I am not sure if 69 is old or not. I mean when I hear something on the news about something or other befalling a 66 year old, in my head I think "That's old." Then I realize that I am that age and older. On the other hand, many people are living and thriving into their 80s or beyond, so against that standard, I'm not yet old.

As I sit here and type this, I don't really feel any different than I ever did. In a very real sense, we don't age inside our heads. Whether I am 18, 25, 32 or 40 in my head, I can't say for sure. But I can say that looking in the mirror can be shocking. And last weekend I had to try twice to get out of a low chair at the cottage and thought to myself, "I didn't think I would feel this old this young."

So there is a bit of an age discrepancy with me anyway, depending on the moment and whether I am being called upon physically or not. I have things going wrong with me in terms of my skeletal framework: knees, shoulders, and that blasted foot, for example. On the other hand, I have had no reports, yet, of things going wrong inside. My blood pressure has always been good, and no one gets too concerned over my triglycerides and such after my annual bloodletting.

Aging is a highly variable thing. My three brothers-in-law have all been fitter than me, at least after my lumbar problems that occurred 22 years past and which limited my physical activities ever since then. But they have all had more significant health problems than I — so far anyway.

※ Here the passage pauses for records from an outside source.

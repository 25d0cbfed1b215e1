//! What a request asks of the map, once its name and its document are judged.
ghost use Rattle.wire.specs.RequestForm.{request};
ghost use Rattle.trace_lines.specs.Private.EventReading.{Reads, operation_of};

use map_core::Op;
use spiffe_doc::DocumentReader;
use std::alloc::Global;
use wire::{Judged, Refusal, RequestForm, Version};

/// Why one line gives no event.
#[derive(Drop)]
pub(crate) enum LineError {
    /// It is the line of no event.
    NoEvent,
    Memory,
}

/// The operation that a request asks for.
#[tactic(auto, unfolding(crate::specs::Private::EventReading::operation_of))]
pub(crate) fn read_operation(alloc: Global, form: &RequestForm<'_>) -> Result<Op, LineError>
    ensures { Reads result (operation_of (request form.now)) }
{
    let mut documents = DocumentReader::new(alloc);
    match form.judge(alloc, &mut documents, Version::Three) {
        Ok(Judged::Ask(op)) => Ok(op),
        Err(Refusal::Memory) => Err(LineError::Memory),
        _ => Err(LineError::NoEvent),
    }
}
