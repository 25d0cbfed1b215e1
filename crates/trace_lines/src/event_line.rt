//! One event, read from its line.
ghost use Rattle.std.specs.Prelude.{◌≡◌, ◌^◌, None, Some, MatchOption};
ghost use Rattle.wire.specs.RequestForm.{request};
ghost use Rattle.wire.specs.Private.RequestReading.{read_line};
ghost use Rattle.trace_lines.specs.Private.EventReading.{number_below, Reads, caller_of, held_of, why_of, begin_of, step_of, end_of, quit_of, event_by_verb, event_of};

use crate::operation::{LineError, read_operation};
use std::alloc::Global;
use step_core::{Event, Why};
use wire::word::{read_number, split_word};
use wire::{RequestForm, request_of_line};

/// The event of a line, without its line feed: a verb, a caller, and what the verb takes, with single spaces between.
#[tactic(auto, unfolding(crate::specs::Private::EventReading::event_of))]
pub(crate) fn read_event(alloc: Global, line: &[u8]) -> Result<Event, LineError>
    ensures { Reads result (event_of line.now) }
{
    let Some((verb, rest)) = split_word(line) else {
        return Err(LineError::NoEvent);
    };
    read_by_verb(alloc, verb, rest)
}

#[tactic(auto, unfolding(crate::specs::Private::EventReading::event_by_verb))]
fn read_by_verb(alloc: Global, verb: &[u8], rest: &[u8]) -> Result<Event, LineError>
    ensures { Reads result (event_by_verb verb.now rest.now) }
{
    if verb == b"begin".as_slice() {
        read_begin(alloc, rest)
    } else if verb == b"step".as_slice() {
        or_no_event(read_step(rest))
    } else if verb == b"end".as_slice() {
        or_no_event(read_end(rest))
    } else if verb == b"quit".as_slice() {
        or_no_event(read_quit(rest))
    } else {
        Err(LineError::NoEvent)
    }
}

fn or_no_event(event: Option<Event>) -> Result<Event, LineError>
    ensures { Reads result event }
{
    match event {
        Some(event) => Ok(event),
        None => Err(LineError::NoEvent),
    }
}

/// A caller and a request.
#[tactic(auto, unfolding(crate::specs::Private::EventReading::begin_of))]
fn read_begin(alloc: Global, bytes: &[u8]) -> Result<Event, LineError>
    ensures { Reads result (begin_of bytes.now) }
{
    let Some((caller, line)) = split_word(bytes) else {
        return Err(LineError::NoEvent);
    };
    let Some(caller) = read_caller(caller) else {
        return Err(LineError::NoEvent);
    };
    let Some(form) = read_request(line) else {
        return Err(LineError::NoEvent);
    };
    let operation = read_operation(alloc, &form)?;
    Ok(Event::Begin(caller, operation))
}

fn read_request(line: &[u8]) -> Option<RequestForm<'_>>
    ensures { MatchOption result (read_line line.now ≡ None) (λ form. read_line line.now ≡ Some (request form)) }
{
    request_of_line(line)
}

#[tactic(auto, unfolding(crate::specs::Private::EventReading::step_of))]
fn read_step(word: &[u8]) -> Option<Event>
    ensures { result ≡ step_of word.now }
{
    Some(Event::Step(read_caller(word)?))
}

#[tactic(auto, unfolding(crate::specs::Private::EventReading::end_of))]
fn read_end(word: &[u8]) -> Option<Event>
    ensures { result ≡ end_of word.now }
{
    Some(Event::End(read_caller(word)?))
}

/// A caller, and why it gives up.
#[tactic(auto, unfolding(crate::specs::Private::EventReading::quit_of))]
fn read_quit(bytes: &[u8]) -> Option<Event>
    ensures { result ≡ quit_of bytes.now }
{
    let (caller, why) = split_word(bytes)?;
    let caller = read_caller(caller)?;
    Some(Event::Quit(caller, read_why(why)?))
}

#[tactic(auto, unfolding(crate::specs::Private::EventReading::caller_of, crate::specs::Private::EventReading::number_below))]
fn read_caller(word: &[u8]) -> Option<u32>
    ensures { result ≡ caller_of word.now }
{
    let number = read_number(word)?;
    if number < 0x1_0000_0000 {
        Some(number as u32)
    } else {
        None
    }
}

/// `memory`, or `held`, a shard from 0 to 255 and a revision.
#[tactic(auto, unfolding(crate::specs::Private::EventReading::why_of))]
fn read_why(bytes: &[u8]) -> Option<Why>
    ensures { result ≡ why_of bytes.now }
{
    match split_word(bytes) {
        None if bytes == b"memory".as_slice() => Some(Why::Memory),
        Some((word, rest)) if word == b"held".as_slice() => read_held(rest),
        _ => None,
    }
}

#[tactic(auto, unfolding(crate::specs::Private::EventReading::held_of))]
fn read_held(bytes: &[u8]) -> Option<Why>
    ensures { result ≡ held_of bytes.now }
{
    let (shard, revision) = split_word(bytes)?;
    let shard = read_shard(shard)?;
    Some(Why::Held {
        shard,
        revision: read_number(revision)?,
    })
}

#[tactic(auto, unfolding(crate::specs::Private::EventReading::number_below))]
fn read_shard(word: &[u8]) -> Option<usize>
    ensures { result ≡ number_below 256 word.now }
{
    let number = read_number(word)?;
    if number < 256 {
        Some(number as usize)
    } else {
        None
    }
}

Larry, at 4 years older than I, was taken a few years ago at the age of 72 by a genetic blood disorder which caught up with him in older age, Bill, who is my age, is presently being treated for an aggressive brain tumour. Brian, six years younger and extremely fit, has already had a valve replacement. If not for that, I suppose he would have reached his expiry day by now. Instead, due to the miracle of modern science, he is able to run for miles and take on various projects. Meanwhile I, the least fit of the brotherly group, limp (literally) along in life.

The limping comes from a very bad ankle sprain which occurred 30 years ago but then behaved well enough  for the next 20 years. About 10 years ago, however, I started to have problems with that foot, and we discovered that I was missing some cartilage and also had bone chips. They could fuse the joint in question, but I wouldn't then be able to bear weight on that foot for six months. Since I can't imagine hopping around on the one other leg with its wonky knee for much time at all, I decided not to take the surgeon up on his kind offer, especially since it would be difficult to predict whether I would be much better for it.

So, I hobble about, not really as badly or as noticeably as I am making it sound right now, and do my best to take regular walks. But mainly I'm not optimally active, and I also eat too many potato chips, and, consequently, I am anything but fit. It's now time to lose the same 25 lbs that I have lost before. At least, I am not putting on 25 pounds on top of previous, multiple 25 lb gains, so I can take some comfort in that.

The craziest thing, or at least a crazy thing, is looking in the mirror and wondering who is looking back at me. Without being too proud or overstating things, I was not the worst looking fellow on the planet. Now, I see a very bald, somewhat scarred face with drooping eyelids staring back at me through dark circles. I know it's me well enough by now, but it still makes me want to put a paper bag over my head.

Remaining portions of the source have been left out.